Priced around Rs 90-95 lakh, an additional 100,000 apartments remain unsold over the past year.
The total inventory with builders in the Mumbai Metropolitan Region (MMR) could be nudging Rs 2.5 lakh crore with an additional 100,000 apartments remaining unsold over the past year. Industry watchers say given the average price of these flats of about Rs 90-95 lakh, there are not too many takers at this point. Moreover, there’s anticipation prices will come off, they add, following the roll-out of RERA or the Real Estate (Regulation and Development) Act. As such the total number of apartments unsold right now has crossed 2.5 lakh. “At the current pace, it could take nearly five years to clear the unsold stock,” says Pankaj Kapoor, MD, Liases Foras.
Kapoor points out that the poor velocity of sales is the consequence of high property prices partly driven up by an increase in input costs. Indeed, while the homes are not really large — between 500 square feet and 1,000 square feet — the weighted average price per square foot is as much as Rs 13,000, data sourced from Liases Foras show.
However, even as the inventory of ready-to-occupy properties has risen threefold to 15,000 units in the past two years, sales have picked up pace. Sales of ready apartments have almost doubled to more than 10,000 units in 2016-17 over the previous year, a sharper rise than in 2015-16. One reason for this was developers’ urgency to complete and sell properties before the roll-out of RERA.
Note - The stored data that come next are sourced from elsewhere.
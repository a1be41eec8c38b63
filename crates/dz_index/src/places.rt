//! Places that keep their distances from a new beginning.

ghost use Rattle.std.specs.Prelude.{◌≡◌, ◌+◌, ◌-◌, ◌^◌, ◌<◌, ◌++◌, map, OnOk};
ghost use Rattle.dz_index.specs.inner.Portion.{moved, AreMovable};

use std::alloc::AllocError;

/// Other places after these, each as far from the new beginning as it was from the old one. They are copied in one block.
pub(crate) fn extend_moved(
    places: &mut Vec<u32>,
    others: &[u32],
    old: u32,
    new: u32,
) -> Result<(), AllocError>
    requires { AreMovable old new others.now }
    ensures { OnOk result (places.new.items
        ≡ places.old.items ++ map (moved old new) others.now) }
{
    let before = places.len();
    places.extend_from_slice(others)?;
    move_places(&mut places[before..], old, new);
    Ok(())
}

/// Each place as far from the new beginning as it was from the old one.
fn move_places(places: &mut [u32], old: u32, new: u32)
    requires { AreMovable old new places.old }
    ensures { places.new ≡ map (moved old new) places.old }
{
    'places: for place in places.iter_mut() {
        *place = *place - old + new;
    }
}
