//! The order of octets.

ghost use Rattle.std.specs.Prelude.{◌≡◌, ◌≤◌, length, take, drop};
ghost use Rattle.std.specs.Int.{w64, from_be_bytes};
ghost use Rattle.dz_index.specs.Rows.{compared};

use std::cmp::Ordering;

/// How many octets are compared at once.
const GROUP: usize = 8;

/// How octets compare with others, octet by octet. Eight are compared at once, as one number.
#[inline(always)]
pub(crate) fn compare_octets(left: &[u8], right: &[u8]) -> Ordering
    ensures { result ≡ compared left.now right.now }
{
    let mut mine = left;
    let mut theirs = right;
    'groups: while GROUP <= mine.len() && GROUP <= theirs.len() {
        let order = compare_group(mine, theirs);
        if order != Ordering::Equal {
            return order;
        }
        mine = behind_group(mine);
        theirs = behind_group(theirs);
    }
    mine.cmp(theirs)
}

/// How the first eight octets compare.
fn compare_group(left: &[u8], right: &[u8]) -> Ordering
    requires left { 8 ≤ length left.now }
    requires right { 8 ≤ length right.now }
    ensures { result ≡ compared (take 8 left.now) (take 8 right.now) }
{
    number_of_group(left).cmp(&number_of_group(right))
}

/// The first eight octets as a number, the first the greatest.
fn number_of_group(octets: &[u8]) -> u64
    requires { 8 ≤ length octets.now }
    ensures { result ≡ from_be_bytes w64 (take 8 octets.now) }
{
    match octets.first_chunk::<GROUP>() {
        Some(group) => u64::from_be_bytes(*group),
        None => 0,
    }
}

/// What follows the first eight octets.
fn behind_group(octets: &[u8]) -> &[u8]
    requires { 8 ≤ length octets.now }
    ensures { result.now ≡ drop 8 octets.now }
{
    &octets[GROUP..]
}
With RERA now a reality, however, there is the possibility of both sales and launches losing momentum. Ashish Shah, COO, Radius Developers, says developers are recalibrating their models to comply with the new rules and therefore the number of launches could be fewer. “Companies must engage with their stakeholders and financiers to figure out their capital flows,” Shah said adding that they might need credit lines for longer periods.
Already, the acute shortage of cash following demonetisation in early November last year slowed down new launches significantly which have seen a steady quarter–on–quarter (Q-o-Q) decline for the last four quarters. In fact, a Cushman and Wakefield study shows the top eight cities reported a 16% year-on-year fall in launches with approximately 25,800 units launched in the January-March period. Since May, project launches have declined by 8%, the report noted.
Anshul Jain, managing director, India, Cushman and Wakefield, said launches in the residential sector were expected to remain subdued over the next two to three quarters. “Developers need to make intrinsic changes to their business structure, operations and marketing strategies to comply with RERA norms,” Jain explained. Once builders come up to speed with the compliance, sales could pick up say experts who point out buyers would become more confident of getting possession on time.
“Unlike in recent months, we could see buyers opt for under-construction apartments since these are typically priced more attractively,” said a builder. In the past delays in the completion of projects have made buyers wary of buying incomplete apartments and pushed them into buying ready-to-move-in houses. “Apart from the lower risk GST will now be applicable on ready-to-move-in homes and that will stimulate demand” Kapoor explained.